Lasciamo che i nostri corpi seguano il destino dei corpi e facciano la piccola guerra tutte le parole cadranno domani come un buon autunno per caso vedremo ancora luccicanti plastiche tra l’erba della strada a dirci che siamo gazze a darci spunti di poesia. Questo spirito dentro a un tubetto non sta piÚ nella pelle di uscire questo amore umano senza delicatezze ci esplode sui denti come un airbag.

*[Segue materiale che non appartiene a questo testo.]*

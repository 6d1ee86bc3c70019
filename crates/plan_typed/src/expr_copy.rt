// Copies of checked expressions.
ghost use Rattle.std.specs.Prelude.{◌≡◌, IfOk};

use crate::Expr;
use plan_leaves::{Boxed, CopyIn, Items, zip};
use std::alloc::Global;
use sub_types::{NoMemory, Value};

impl Expr {
    /// An equal expression.
    pub fn copy(&self, alloc: Global) -> Result<Expr, NoMemory>
        ensures { IfOk result (λ copy. copy ≡ self.now) }
    {
        copy_expr(alloc, self)
    }
}

impl CopyIn for Expr {
    fn copy_in(&self, alloc: Global) -> Result<Self, NoMemory> {
        copy_expr(alloc, self)
    }
}

#[cycle(expr_copy)]
fn copy_expr(alloc: Global, expr: &Expr) -> Result<Expr, NoMemory>
    ensures { IfOk result (λ copy. copy ≡ expr.now) }
{
    match expr {
        Expr::Const { value, ty } => Ok(Expr::Const {
            value: value.copy(alloc)?,
            ty: *ty,
        }),
        Expr::Column { index, ty } => Ok(Expr::Column {
            index: *index,
            ty: *ty,
        }),
        Expr::Call {
            func,
            mode,
            args,
            ty,
        } => Ok(Expr::Call {
            func: *func,
            mode: *mode,
            args: copy_exprs(alloc, args.as_slice())?,
            ty: *ty,
        }),
        Expr::If { arms, other, ty } => {
            let copies = copy_arms(alloc, arms.as_slice());
            let (arms, other) = zip(copies, copy_boxed(alloc, other))?;
            Ok(Expr::If {
                arms,
                other,
                ty: *ty,
            })
        }
        Expr::Switch {
            subject,
            arms,
            other,
            ty,
        } => {
            let copies = copy_choices(alloc, arms.as_slice());
            let exprs = zip(copy_boxed(alloc, subject), copy_boxed(alloc, other));
            let (arms, (subject, other)) = zip(copies, exprs)?;
            Ok(Expr::Switch {
                subject,
                arms,
                other,
                ty: *ty,
            })
        }
        Expr::OneOf { value, options, ty } => {
            let copies = copy_exprs(alloc, options.as_slice());
            let (value, options) = zip(copy_boxed(alloc, value), copies)?;
            Ok(Expr::OneOf {
                value,
                options,
                ty: *ty,
            })
        }
        Expr::Cast {
            input,
            null_on_fail,
            ty,
        } => Ok(Expr::Cast {
            input: copy_boxed(alloc, input)?,
            null_on_fail: *null_on_fail,
            ty: *ty,
        }),
    }
}

#[cycle(expr_copy)]
fn copy_boxed(alloc: Global, expr: &Boxed<Expr>) -> Result<Boxed<Expr>, NoMemory>
    ensures { IfOk result (λ copy. copy ≡ expr.now) }
{
    Boxed::new(alloc, copy_expr(alloc, expr.get())?)
}

#[cycle(expr_copy)]
fn copy_exprs(alloc: Global, exprs: &[Expr]) -> Result<Items<Expr>, NoMemory>
    ensures { IfOk result (λ copies. copies ≡ exprs.now) }
{
    let mut copies = Vec::with_capacity(alloc, exprs.len())?;
    for expr in exprs {
        copies.push(copy_expr(alloc, expr)?)?;
    }
    Ok(Items::from_vec(copies))
}

#[cycle(expr_copy)]
fn copy_arms(alloc: Global, arms: &[(Expr, Expr)]) -> Result<Items<(Expr, Expr)>, NoMemory>
    ensures { IfOk result (λ copies. copies ≡ arms.now) }
{
    let mut copies = Vec::with_capacity(alloc, arms.len())?;
    for arm in arms {
        copies.push(zip(copy_expr(alloc, &arm.0), copy_expr(alloc, &arm.1))?)?;
    }
    Ok(Items::from_vec(copies))
}

#[cycle(expr_copy)]
fn copy_choices(alloc: Global, choices: &[(Value, Expr)]) -> Result<Items<(Value, Expr)>, NoMemory>
    ensures { IfOk result (λ copies. copies ≡ choices.now) }
{
    let mut copies = Vec::with_capacity(alloc, choices.len())?;
    for choice in choices {
        copies.push(zip(choice.0.copy(alloc), copy_expr(alloc, &choice.1))?)?;
    }
    Ok(Items::from_vec(copies))
}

Ora sembra quasi che il mio cervello voglia finalmente tacere un moto nudo e muto, noto soltanto alla soglia del cielo:


gioia perrone

Dicembre. campo di periferia. Seduti su due massi io e te. Mi hai accompagnata lì con quella tua macchina grande (a ricordarla ora mi pare una stanza, in cui tante volte sono entrata dissolvendo in fumo tenue le convinzioni degli istanti prima d’entrare) siamo lì perché vuoi una spiegazione e sei triste e buono: ti conservi intatto in una bolla di contegno, perché non ci siano intoppi tra dove siamo seduti e la verità che cerchi. Prima che io apra bocca passa tra noi un gregge di pecore, siamo immersi nel loro odore siamo nel loro bianco sporco su questo campo di muschio e ulivi neri. io ti mento, poi, pochi minuti dopo ci alziamo, le pecore belano lontane, ci abbracciamo. è l’ultima volta.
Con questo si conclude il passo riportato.